[LISTED ENTRIES Boundary: Start]

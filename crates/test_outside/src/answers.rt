use base_outside::{
    FileAnswer, Files, HostFiles, HostSink, HostStore, MemFiles, MemSink, MemStore, OutsideError,
    PutFailed, Sink, Store, StoreAnswer, TornStore,
};
use std::alloc::{AllocError, Global};
use std::io::{ErrorKind, Write};
use std::path::PathBuf;
use std::process::Abort;
use std::test::Fail;
use std::{env, fs, io, process};

/// A list of pairs in memory.
fn pairs(alloc: Global, texts: &[(&str, &[u8])]) -> Result<Vec<(String, Vec<u8>)>, AllocError> {
    let mut all = Vec::new(alloc);
    for text in texts {
        let path = String::from_str(alloc, text.0)?;
        all.push((path, Vec::from_slice(alloc, text.1)?))?;
    }
    Ok(all)
}

/// The bytes of an answer, or a word for another answer.
fn read(answer: &Result<FileAnswer, OutsideError>) -> &[u8] {
    match answer {
        Ok(FileAnswer::Bytes(held)) => held.as_slice(),
        Ok(FileAnswer::Longer) => b"longer",
        Ok(FileAnswer::Absent) => b"absent",
        Err(OutsideError::Failed) => b"failed",
        Err(OutsideError::Memory) => b"memory",
    }
}

fn got(answer: &Result<StoreAnswer, OutsideError>) -> &[u8] {
    match answer {
        Ok(StoreAnswer::Found(held)) => held.as_slice(),
        Ok(StoreAnswer::Longer) => b"longer",
        Ok(StoreAnswer::Absent) => b"absent",
        Err(OutsideError::Failed) => b"failed",
        Err(OutsideError::Memory) => b"memory",
    }
}

fn done(answer: &Result<(), OutsideError>) -> &'static [u8] {
    match answer {
        Ok(()) => b"done",
        Err(OutsideError::Failed) => b"failed",
        Err(OutsideError::Memory) => b"memory",
    }
}

/// How much a put took of its piece.
fn taken(answer: Result<(), PutFailed>, piece: &[u8]) -> usize {
    match answer {
        Ok(()) => piece.len(),
        Err(error) => error.taken,
    }
}

fn same(rt: &impl Abort, told: &str, found: &[u8], expected: &[u8]) {
    assert_eq!(rt; found, expected, "{told}");
}

/// Reads each path up to a limit.
fn check_files(rt: &impl Abort, files: &mut impl Files, rows: &[(&str, usize, &[u8])]) {
    for (path, max, expected) in rows {
        same(rt, path, read(&files.read(path, *max)), expected);
    }
}

#[test]
fn files_in_memory_answer_by_their_last_pairs(rt: HostRuntime) -> Result<(), Fail> {
    let alloc = rt.alloc();
    let held = pairs(alloc, &[("a", b"first"), ("b", b"12345"), ("a", b"last")])?;
    let mut files = MemFiles::new(alloc, held, vec![in alloc; 2]?);
    check_files(
        &rt,
        &mut files,
        &[
            ("a", 4, b"last"),
            ("b", 5, b"12345"),
            ("a", 4, b"failed"),
            ("b", 4, b"longer"),
            ("c", 9, b"absent"),
            ("a", 3, b"longer"),
        ],
    );
    Ok(())
}

/// What is put at the place a, or how much is asked for, and the answer.
fn check_store(rt: &impl Abort, store: &mut MemStore, rows: &[(Option<&[u8]>, usize, &[u8])]) {
    for (piece, max, expected) in rows {
        match piece {
            Some(piece) => same(rt, "put", done(&store.put("a", piece)), expected),
            None => same(rt, "get", got(&store.get("a", *max)), expected),
        }
    }
}

#[test]
fn a_store_in_memory_keeps_what_was_put(rt: HostRuntime) -> Result<(), Fail> {
    let alloc = rt.alloc();
    let held = pairs(alloc, &[("a", b"first"), ("a", b"last")])?;
    let mut store = MemStore::new(alloc, held, vec![in alloc; 1, 4]?);
    check_store(
        &rt,
        &mut store,
        &[
            (None, 4, b"last"),
            (Some(b"new"), 0, b"failed"),
            (None, 3, b"longer"),
            (Some(b"new"), 0, b"done"),
            (None, 3, b"failed"),
            (None, 3, b"new"),
        ],
    );
    Ok(())
}

/// The room that is made, the piece, and how much of it is taken.
fn check_sink(
    rt: &impl Abort,
    sink: &mut MemSink,
    rows: &[(usize, &[u8], usize)],
) -> Result<(), Fail> {
    for (room, piece, expected) in rows {
        sink.reserve(*room)?;
        assert_eq!(rt; taken(sink.put(piece), piece), *expected);
    }
    Ok(())
}

#[test]
fn a_sink_in_memory_takes_what_it_may(rt: HostRuntime) -> Result<(), Fail> {
    let alloc = rt.alloc();
    let mut sink = MemSink::new(alloc, vec![in alloc; (2, 3), (2, 10), (3, 0), (4, 99)]?);
    check_sink(
        &rt,
        &mut sink,
        &[
            (0, b"a", 0),
            (40, b"twelve bytes", 12),
            (0, b"twelve bytes", 10),
            (0, b"", 0),
            (0, b"abc", 2),
            (0, b"room for sixteen", 16),
        ],
    )?;
    sink.reserve(4)?;
    assert_eq!(rt; sink.put(b"abcdef"), Err(PutFailed { taken: 4 }));
    same(
        &rt,
        "held",
        sink.bytes(),
        b"twelve bytestwelve bytabroom for sixteenabcd",
    );
    Ok(())
}

const PIECE: &[u8] = b"twelve bytes";

/// How a store is torn: after so many puts, of which piece this much is kept, and whether it stops then.
type Tear = (u64, usize, bool);

/// What the put of this number answers, or where none is asked, what is left at its place.
fn expected(tear: &Tear, number: u64, is_answer: bool) -> &'static [u8] {
    let (good, keep, stop) = tear;
    let is_torn = number == *good;
    let is_stopped = *stop && number > *good;
    match (is_answer, is_torn, is_stopped) {
        (true, false, false) => b"done",
        (true, _, _) => b"failed",
        (false, true, _) => &PIECE[..(*keep).min(12)],
        (false, _, true) => b"absent",
        (false, _, false) => PIECE,
    }
}

const PLACES: [(u64, &str); 3] = [(0, "a"), (1, "b"), (2, "c")];

/// Puts the piece at three places of a store that is torn, and compares each answer.
fn check_puts(rt: &impl Abort, torn: &mut TornStore, tear: &Tear, places: &[(u64, &str)]) {
    for (number, place) in places {
        same(
            rt,
            place,
            done(&torn.put(place, PIECE)),
            expected(tear, *number, true),
        );
    }
}

/// Compares what is left at three places.
fn check_left(rt: &impl Abort, left: &mut MemStore, tear: &Tear, places: &[(u64, &str)]) {
    for (number, place) in places {
        same(
            rt,
            place,
            got(&left.get(place, 99)),
            expected(tear, *number, false),
        );
    }
}

fn check_tear(rt: &impl Abort, alloc: Global, tear: &Tear) -> Result<(), Fail> {
    let inner = MemStore::new(alloc, vec![in alloc]?, vec![in alloc]?);
    let mut torn = TornStore::new(inner, tear.0, tear.1, tear.2);
    check_puts(rt, &mut torn, tear, &PLACES);
    assert_eq!(rt; torn.get("d", 9).is_err(), tear.2);
    check_left(rt, &mut torn.into_inner(), tear, &PLACES);
    Ok(())
}

fn check_tears(rt: &impl Abort, alloc: Global, tears: &[Tear]) -> Result<(), Fail> {
    for tear in tears {
        check_tear(rt, alloc, tear)?;
    }
    Ok(())
}

#[test]
fn a_torn_store_writes_a_part_and_fails(rt: HostRuntime) -> Result<(), Fail> {
    check_tears(
        &rt,
        rt.alloc(),
        &[
            (0, 0, false),
            (0, 7, false),
            (0, 100, false),
            (1, 0, false),
            (1, 7, false),
            (1, 100, false),
            (2, 0, false),
            (2, 7, false),
            (2, 100, false),
            (0, 0, true),
            (0, 7, true),
            (0, 100, true),
            (1, 0, true),
            (1, 7, true),
            (1, 100, true),
            (2, 0, true),
            (2, 7, true),
            (2, 100, true),
        ],
    )
}

/// An empty folder for one test.
fn folder(rt: &HostRuntime, name: &str) -> Result<String, Fail> {
    let alloc = rt.alloc();
    let base: PathBuf = env::temp_dir(rt)?;
    let id = process::id(rt.process());
    let path = format!(in alloc; "{}/base_outside-{name}-{id}", base.as_path().display())?;
    fs::create_dir_all(rt, path.as_str())?;
    Ok(path)
}

#[test]
fn files_of_the_system(rt: HostRuntime) -> Result<(), Fail> {
    let alloc = rt.alloc();
    let top = folder(&rt, "files")?;
    let file = format!(in alloc; "{top}/file")?;
    fs::write(&rt, file.as_str(), b"12345".as_slice())?;
    let below_a_file = format!(in alloc; "{file}/x")?;
    let missing = format!(in alloc; "{top}/missing")?;
    let mut files = HostFiles::new(alloc, rt.clone()?);
    check_files(
        &rt,
        &mut files,
        &[
            (file.as_str(), 5, b"12345"),
            (file.as_str(), 4, b"longer"),
            (file.as_str(), usize::MAX, b"12345"),
            (missing.as_str(), 5, b"absent"),
            (top.as_str(), 5, b"failed"),
            (below_a_file.as_str(), 5, b"failed"),
        ],
    );
    fs::remove_dir_all(&rt, top.as_str())?;
    Ok(())
}

#[test]
fn a_store_of_the_system_makes_its_folders(rt: HostRuntime) -> Result<(), Fail> {
    let alloc = rt.alloc();
    let top = folder(&rt, "store")?;
    let place = format!(in alloc; "{top}/x/y/z")?;
    let below_a_file = format!(in alloc; "{place}/w")?;
    let mut store = HostStore::new(alloc, rt.clone()?);
    same(&rt, "absent", got(&store.get(&place, 9)), b"absent");
    same(&rt, "new", done(&store.put(&place, b"old bytes")), b"done");
    same(&rt, "old", done(&store.put(&place, b"new")), b"done");
    same(&rt, "found", got(&store.get(&place, 3)), b"new");
    same(
        &rt,
        "below a file",
        done(&store.put(&below_a_file, b"new")),
        b"failed",
    );
    same(&rt, "a folder", done(&store.put(&top, b"new")), b"failed");
    fs::remove_dir_all(&rt, top.as_str())?;
    Ok(())
}

/// A writer that takes three bytes at a time, is interrupted before each, and refuses when it is full.
#[derive(Drop)]
struct Narrow<'a> {
    held: &'a mut Vec<u8>,
    room: usize,
    is_interrupted: bool,
    can_flush: bool,
}

impl Write for Narrow<'_> {
    fn write(&mut self, buf: &[u8]) -> io::Result<usize> {
        self.is_interrupted = !self.is_interrupted;
        if self.is_interrupted {
            return Err(io::Error::from(ErrorKind::Interrupted));
        }
        if self.room == 0 {
            return Err(io::Error::from(ErrorKind::BrokenPipe));
        }
        let taken = buf.len().min(self.room).min(3);
        self.held.extend_from_slice(&buf[..taken])?;
        self.room -= taken;
        Ok(taken)
    }

    fn flush(&mut self) -> io::Result<()> {
        if self.can_flush {
            Ok(())
        } else {
            Err(io::Error::from(ErrorKind::BrokenPipe))
        }
    }
}

/// Puts the piece into a writer with this room, and compares how much is taken and what is held.
fn check_writer(
    rt: &impl Abort,
    alloc: Global,
    room: usize,
    can_flush: bool,
    expected: usize,
) -> Result<(), Fail> {
    let mut held = Vec::new(alloc);
    let mut sink = HostSink::new(Narrow {
        held: &mut held,
        room,
        is_interrupted: false,
        can_flush,
    });
    assert_eq!(rt; sink.put(b""), Ok(()));
    assert_eq!(rt; taken(sink.put(PIECE), PIECE), expected, "room for {room}");
    drop(sink);
    same(rt, "held", &held, &PIECE[..room.min(12)]);
    Ok(())
}

fn check_writers(
    rt: &impl Abort,
    alloc: Global,
    rows: &[(usize, bool, usize)],
) -> Result<(), Fail> {
    for (room, can_flush, expected) in rows {
        check_writer(rt, alloc, *room, *can_flush, *expected)?;
    }
    Ok(())
}

#[test]
fn a_sink_of_the_system_counts_what_was_taken(rt: HostRuntime) -> Result<(), Fail> {
    // the room of the writer, whether it can flush, and how much is taken
    check_writers(
        &rt,
        rt.alloc(),
        &[
            (20, true, 12),
            (12, true, 12),
            (10, true, 10),
            (0, true, 0),
            (12, false, 11),
        ],
    )
}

[LISTED ENTRIES Boundary: End]

[ACTION ITEM]
The word "self" appears in some lines above. Return every one of those lines.

[ANSWER AREA]
    fn write(&mut self, buf: &[u8]) -> io::Result<usize> {
        self.is_interrupted = !self.is_interrupted;
        if self.is_interrupted {
        if self.room == 0 {
        let taken = buf.len().min(self.room).min(3);
        self.held.extend_from_slice(&buf[..taken])?;
        self.room -= taken;
    fn flush(&mut self) -> io::Result<()> {
        if self.can_flush {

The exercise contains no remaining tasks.